### Task to carry out
Please return every line of the records that contains the word "SimRun".

+ + +

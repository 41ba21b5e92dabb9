ghost use Rattle.std.specs.Prelude.{◌≡◌, ◌<◌, ◌+◌, [], length, get_or, false, true, IfOk};
ghost use Rattle.handshake.specs.Rows.{rows_behind};
ghost use Rattle.vhdl_text.specs.WellFormed.{IsWellFormed};
ghost use Rattle.vhdl_meaning.specs.RunLaws.{FitsBench};
ghost use Rattle.bench_run.specs.Turns.{FirstTurn, rows_left};

use crate::bench_rows::BenchRows;
use crate::turn::Turn;
use std::alloc::Global;
use tydi_base::{List, Memory};
use vhdl_meaning::{Sim, SimRun};
use vhdl_text::Bench;

/// The ready bit of a stream in a cycle.
fn bit_of(ready: &[List<bool>], stream: usize, number: usize) -> bool
    requires within { stream < length ready.now }
    requires long { number < length (get_or ready.now stream []) }
    ensures { result ≡ get_or (get_or ready.now stream []) number false }
{
    let bits = &ready[stream];
    bits.as_slice()[number]
}

impl BenchRows {
    /// The rows of a bench under a run, from the first on. `Memory` comes where there is none for the values of the signals, for the
    /// places of the processes, or for a ready bit for each stream.
    pub fn new(alloc: Global, bench: Bench, run: SimRun) -> Result<BenchRows, Memory>
        requires bench { IsWellFormed bench }
        requires run { FitsBench bench run }
        ensures bench { IfOk result (λ rows. rows.sim.bench ≡ bench) }
        ensures run { IfOk result (λ rows. rows.run ≡ run) }
        ensures number { IfOk result (λ rows. rows.number ≡ 0) }
        ensures stream { IfOk result (λ rows. rows.stream ≡ 0) }
    {
        let mut kept = Vec::new(alloc);
        kept.resize(bench.heads.len(), false)?;
        let sim = Sim::new(alloc, bench)?;
        Ok(BenchRows {
            sim,
            run,
            kept,
            number: 0,
            stream: 0,
        })
    }

    /// The edge that ends a cycle of which all rows were made, and which is not the last one.
    fn pass_edge(&mut self)
        requires over { self.old.stream ≡ self.old.kept.len }
        requires more { self.old.number < self.old.run.cycles }
        ensures rows { rows_left self.new ≡ rows_left self.old }
        ensures bench { self.new.sim.bench ≡ self.old.sim.bench }
        ensures run { self.new.run ≡ self.old.run }
        ensures kept { self.new.kept.len ≡ self.old.kept.len }
        ensures number { self.new.number ≡ self.old.number + 1 }
        ensures stream { self.new.stream ≡ 0 }
    {
        let order = &self.run.orders.as_slice()[self.number];
        self.sim.edge(self.kept.as_slice(), order.as_slice());
        self.number += 1;
        self.stream = 0;
    }

    /// Passes an edge where the next row needs it. Whether a row is left.
    fn goes_on(&mut self) -> bool
        ensures rows { rows_left self.new ≡ rows_left self.old }
        ensures bench { self.new.sim.bench ≡ self.old.sim.bench }
        ensures run { self.new.run ≡ self.old.run }
        ensures some { result ≡ true → (self.new.number < self.new.run.cycles) × (self.new.stream < length self.new.sim.bench.heads) }
        ensures none { result ≡ false → rows_left self.old ≡ [] }
    {
        let cycles = self.run.cycles as usize;
        if self.stream < self.kept.len() {
            return self.number < cycles;
        }
        if self.kept.is_empty() {
            return false;
        }
        if self.number + 1 >= cycles {
            return false;
        }
        self.pass_edge();
        true
    }

    /// Goes on to the next row: its stream and its ready bit. None exactly where no row is left.
    pub(crate) fn turn(&mut self) -> Option<Turn>
        ensures first { FirstTurn (rows_left self.old) self.new.sim.bench self.new.run self.new.number result }
        ensures rows { rows_left self.new ≡ rows_behind (rows_left self.old) }
        ensures bench { self.new.sim.bench ≡ self.old.sim.bench }
        ensures run { self.new.run ≡ self.old.run }
    {
        if !self.goes_on() {
            return None;
        }
        let stream = self.stream;
        let ready = bit_of(self.run.ready.as_slice(), stream, self.number);
        self.kept[stream] = ready;
        self.stream = stream + 1;
        Some(Turn { stream, ready })
    }
}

+ + +

### Response area
use vhdl_meaning::{Sim, SimRun};
    pub fn new(alloc: Global, bench: Bench, run: SimRun) -> Result<BenchRows, Memory>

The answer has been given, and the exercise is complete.